Issue 9, 2020
From the journal:

Nanoscale Advances

Platelet mediated TRAIL delivery for efficiently targeting circulating tumor cells

Nerymar Ortiz-Otero,a   Jocelyn R. Marshall,a   Bradley W. Lashb  and  Michael R. King ORCID logo *c  

* Corresponding authors

a Meinig School of Biomedical Engineering, Cornell University, Ithaca, NY 14850, USA
E-mail: mike.king@vanderbilt.edu

b Lehigh Valley Health Network, Allentown, PA 18103, USA

c Department of Biomedical Engineering, Vanderbilt University, Nashville, TN 37202, USA

Abstract

Several studies have demonstrated the role of platelets in promoting cancer metastasis. Platelets bind to and protect circulating tumor cells (CTCs) from hemodynamic forces and immune cells, and also promote tumor cell arrest in the vasculature and extravasation. Thus, platelets represent a promising vehicle to deliver anticancer therapeutic agents to CTCs. In this study, we developed a novel platelet-mediated TNF-related apoptosis inducing ligand (TRAIL) delivery system to target CTCs and hinder metastasis viain situ” platelet modification. This platelet-mediated TRAIL delivery significantly reduced the viability of colorectal and breast cancer cells circulating in flowing blood under physiological shear conditions.
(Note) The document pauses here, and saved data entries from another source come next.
ghost use Rattle.format.specs.Layout.{index_a};
ghost use Rattle.layouts.specs.Lies.{lie_index_a};

use super::{Form, Layout, Span, TableColumn, column};

// Index a: A2 "I ", system I2 (1..19), A30, sheets I3, number of b records I2, number of c records I4, two flags I1
// (0,1), year I4, A30, version I1 (1), blank use I1, 3X.
#[derive(Clone, Copy)]
pub struct IndexA {}

impl IndexA {
    pub const TYPE_WIDTH: usize = 2;

    pub const SYSTEM_WIDTH: usize = 2;

    pub const PLANNING_AGENCY_WIDTH: usize = 30;

    pub const SHEETS_WIDTH: usize = 3;

    pub const B_RECORDS_WIDTH: usize = 2;

    pub const C_RECORDS_WIDTH: usize = 4;

    pub const SHIFT_FLAG_WIDTH: usize = 1;

    pub const BREAK_FLAG_WIDTH: usize = 1;

    pub const YEAR_WIDTH: usize = 4;

    pub const REGULATION_WIDTH: usize = 30;

    pub const VERSION_WIDTH: usize = 1;

    pub const BLANK_USE_WIDTH: usize = 1;

    pub const BLANK_WIDTH: usize = 3;

    pub const TYPE_START: usize = 0;

    pub const SYSTEM_START: usize = Self::TYPE_START + Self::TYPE_WIDTH;

    pub const PLANNING_AGENCY_START: usize = Self::SYSTEM_START + Self::SYSTEM_WIDTH;

    pub const SHEETS_START: usize = Self::PLANNING_AGENCY_START + Self::PLANNING_AGENCY_WIDTH;

    pub const B_RECORDS_START: usize = Self::SHEETS_START + Self::SHEETS_WIDTH;

    pub const C_RECORDS_START: usize = Self::B_RECORDS_START + Self::B_RECORDS_WIDTH;

    pub const SHIFT_FLAG_START: usize = Self::C_RECORDS_START + Self::C_RECORDS_WIDTH;

    pub const BREAK_FLAG_START: usize = Self::SHIFT_FLAG_START + Self::SHIFT_FLAG_WIDTH;

    pub const YEAR_START: usize = Self::BREAK_FLAG_START + Self::BREAK_FLAG_WIDTH;

    pub const REGULATION_START: usize = Self::YEAR_START + Self::YEAR_WIDTH;

    pub const VERSION_START: usize = Self::REGULATION_START + Self::REGULATION_WIDTH;

    pub const BLANK_USE_START: usize = Self::VERSION_START + Self::VERSION_WIDTH;

    pub const BLANK_START: usize = Self::BLANK_USE_START + Self::BLANK_USE_WIDTH;

    pub const END: usize = Self::BLANK_START + Self::BLANK_WIDTH;
}

impl Layout for IndexA {
    ghost columns = { index_a };

    ghost lie = { lie_index_a };

    fn end() -> usize {
        Self::END
    }

    #[tactic(auto, unfolding(crate::specs::Tables::spans_of, format::specs::Layout::index_a))]
    fn spans() -> &'static [Span] {
        &[
            Span(Self::TYPE_START, Self::TYPE_WIDTH),
            Span(Self::SYSTEM_START, Self::SYSTEM_WIDTH),
            Span(Self::PLANNING_AGENCY_START, Self::PLANNING_AGENCY_WIDTH),
            Span(Self::SHEETS_START, Self::SHEETS_WIDTH),
            Span(Self::B_RECORDS_START, Self::B_RECORDS_WIDTH),
            Span(Self::C_RECORDS_START, Self::C_RECORDS_WIDTH),
            Span(Self::SHIFT_FLAG_START, Self::SHIFT_FLAG_WIDTH),
            Span(Self::BREAK_FLAG_START, Self::BREAK_FLAG_WIDTH),
            Span(Self::YEAR_START, Self::YEAR_WIDTH),
            Span(Self::REGULATION_START, Self::REGULATION_WIDTH),
            Span(Self::VERSION_START, Self::VERSION_WIDTH),
            Span(Self::BLANK_USE_START, Self::BLANK_USE_WIDTH),
            Span(Self::BLANK_START, Self::BLANK_WIDTH),
        ]
    }

    fn table() -> &'static [TableColumn] {
        &[
            column!(Self::SYSTEM_START, Self::SYSTEM_WIDTH => Integer, 1, 19),
            column!(Self::SHEETS_START, Self::SHEETS_WIDTH => Integer, 0, 999),
            column!(Self::B_RECORDS_START, Self::B_RECORDS_WIDTH => Integer, 0, 99),
            column!(Self::C_RECORDS_START, Self::C_RECORDS_WIDTH => Integer, 0, 9999),
            column!(Self::SHIFT_FLAG_START, Self::SHIFT_FLAG_WIDTH => Integer, 0, 1),
            column!(Self::BREAK_FLAG_START, Self::BREAK_FLAG_WIDTH => Integer, 0, 1),
            column!(Self::YEAR_START, Self::YEAR_WIDTH => Integer, 0, 9999),
            column!(Self::VERSION_START, Self::VERSION_WIDTH => Integer, 1, 1),
            column!(Self::BLANK_USE_START, Self::BLANK_USE_WIDTH => Integer, 0, 9),
            column!(Self::BLANK_START, Self::BLANK_WIDTH => Blank, 0, 0),
        ]
    }
}
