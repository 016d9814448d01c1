ghost use Rattle.format.specs.Layout.{data_grid};
ghost use Rattle.layouts.specs.Lies.{lie_data_grid};

use super::{Form, Layout, Span, TableColumn, column};

// Data grid: twelve I7 (any sign).
#[derive(Clone, Copy)]
pub struct DataGrid {}

impl DataGrid {
    pub const HEIGHT_1_WIDTH: usize = 7;

    pub const HEIGHT_2_WIDTH: usize = 7;

    pub const HEIGHT_3_WIDTH: usize = 7;

    pub const HEIGHT_4_WIDTH: usize = 7;

    pub const HEIGHT_5_WIDTH: usize = 7;

    pub const HEIGHT_6_WIDTH: usize = 7;

    pub const HEIGHT_7_WIDTH: usize = 7;

    pub const HEIGHT_8_WIDTH: usize = 7;

    pub const HEIGHT_9_WIDTH: usize = 7;

    pub const HEIGHT_10_WIDTH: usize = 7;

    pub const HEIGHT_11_WIDTH: usize = 7;

    pub const HEIGHT_12_WIDTH: usize = 7;

    pub const HEIGHT_1_START: usize = 0;

    pub const HEIGHT_2_START: usize = Self::HEIGHT_1_START + Self::HEIGHT_1_WIDTH;

    pub const HEIGHT_3_START: usize = Self::HEIGHT_2_START + Self::HEIGHT_2_WIDTH;

    pub const HEIGHT_4_START: usize = Self::HEIGHT_3_START + Self::HEIGHT_3_WIDTH;

    pub const HEIGHT_5_START: usize = Self::HEIGHT_4_START + Self::HEIGHT_4_WIDTH;

    pub const HEIGHT_6_START: usize = Self::HEIGHT_5_START + Self::HEIGHT_5_WIDTH;

    pub const HEIGHT_7_START: usize = Self::HEIGHT_6_START + Self::HEIGHT_6_WIDTH;

    pub const HEIGHT_8_START: usize = Self::HEIGHT_7_START + Self::HEIGHT_7_WIDTH;

    pub const HEIGHT_9_START: usize = Self::HEIGHT_8_START + Self::HEIGHT_8_WIDTH;

    pub const HEIGHT_10_START: usize = Self::HEIGHT_9_START + Self::HEIGHT_9_WIDTH;

    pub const HEIGHT_11_START: usize = Self::HEIGHT_10_START + Self::HEIGHT_10_WIDTH;

    pub const HEIGHT_12_START: usize = Self::HEIGHT_11_START + Self::HEIGHT_11_WIDTH;

    pub const END: usize = Self::HEIGHT_12_START + Self::HEIGHT_12_WIDTH;
}

impl Layout for DataGrid {
    ghost columns = { data_grid };

    ghost lie = { lie_data_grid };

    fn end() -> usize {
        Self::END
    }

    #[tactic(auto, unfolding(crate::specs::Tables::spans_of, format::specs::Layout::data_grid))]
    fn spans() -> &'static [Span] {
        &[
            Span(Self::HEIGHT_1_START, Self::HEIGHT_1_WIDTH),
            Span(Self::HEIGHT_2_START, Self::HEIGHT_2_WIDTH),
            Span(Self::HEIGHT_3_START, Self::HEIGHT_3_WIDTH),
            Span(Self::HEIGHT_4_START, Self::HEIGHT_4_WIDTH),
            Span(Self::HEIGHT_5_START, Self::HEIGHT_5_WIDTH),
            Span(Self::HEIGHT_6_START, Self::HEIGHT_6_WIDTH),
            Span(Self::HEIGHT_7_START, Self::HEIGHT_7_WIDTH),
            Span(Self::HEIGHT_8_START, Self::HEIGHT_8_WIDTH),
            Span(Self::HEIGHT_9_START, Self::HEIGHT_9_WIDTH),
            Span(Self::HEIGHT_10_START, Self::HEIGHT_10_WIDTH),
            Span(Self::HEIGHT_11_START, Self::HEIGHT_11_WIDTH),
            Span(Self::HEIGHT_12_START, Self::HEIGHT_12_WIDTH),
        ]
    }

    fn table() -> &'static [TableColumn] {
        &[
            column!(Self::HEIGHT_1_START, Self::HEIGHT_1_WIDTH => Integer, -999999, 9999999),
            column!(Self::HEIGHT_2_START, Self::HEIGHT_2_WIDTH => Integer, -999999, 9999999),
            column!(Self::HEIGHT_3_START, Self::HEIGHT_3_WIDTH => Integer, -999999, 9999999),
            column!(Self::HEIGHT_4_START, Self::HEIGHT_4_WIDTH => Integer, -999999, 9999999),
            column!(Self::HEIGHT_5_START, Self::HEIGHT_5_WIDTH => Integer, -999999, 9999999),
            column!(Self::HEIGHT_6_START, Self::HEIGHT_6_WIDTH => Integer, -999999, 9999999),
            column!(Self::HEIGHT_7_START, Self::HEIGHT_7_WIDTH => Integer, -999999, 9999999),
            column!(Self::HEIGHT_8_START, Self::HEIGHT_8_WIDTH => Integer, -999999, 9999999),
            column!(Self::HEIGHT_9_START, Self::HEIGHT_9_WIDTH => Integer, -999999, 9999999),
            column!(Self::HEIGHT_10_START, Self::HEIGHT_10_WIDTH => Integer, -999999, 9999999),
            column!(Self::HEIGHT_11_START, Self::HEIGHT_11_WIDTH => Integer, -999999, 9999999),
            column!(Self::HEIGHT_12_START, Self::HEIGHT_12_WIDTH => Integer, -999999, 9999999),
        ]
    }
}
TRAIL-coated platelets significantly killed over 60% of CTCs in flowing blood from a variety of primary metastatic cancer samples. Platelets have been considered an important player in the regulation of metastasis due to their interaction with cancer cells in the circulation; the current study supports the idea of using platelet-based TRAIL delivery as a promising CTC-targeted cancer therapy.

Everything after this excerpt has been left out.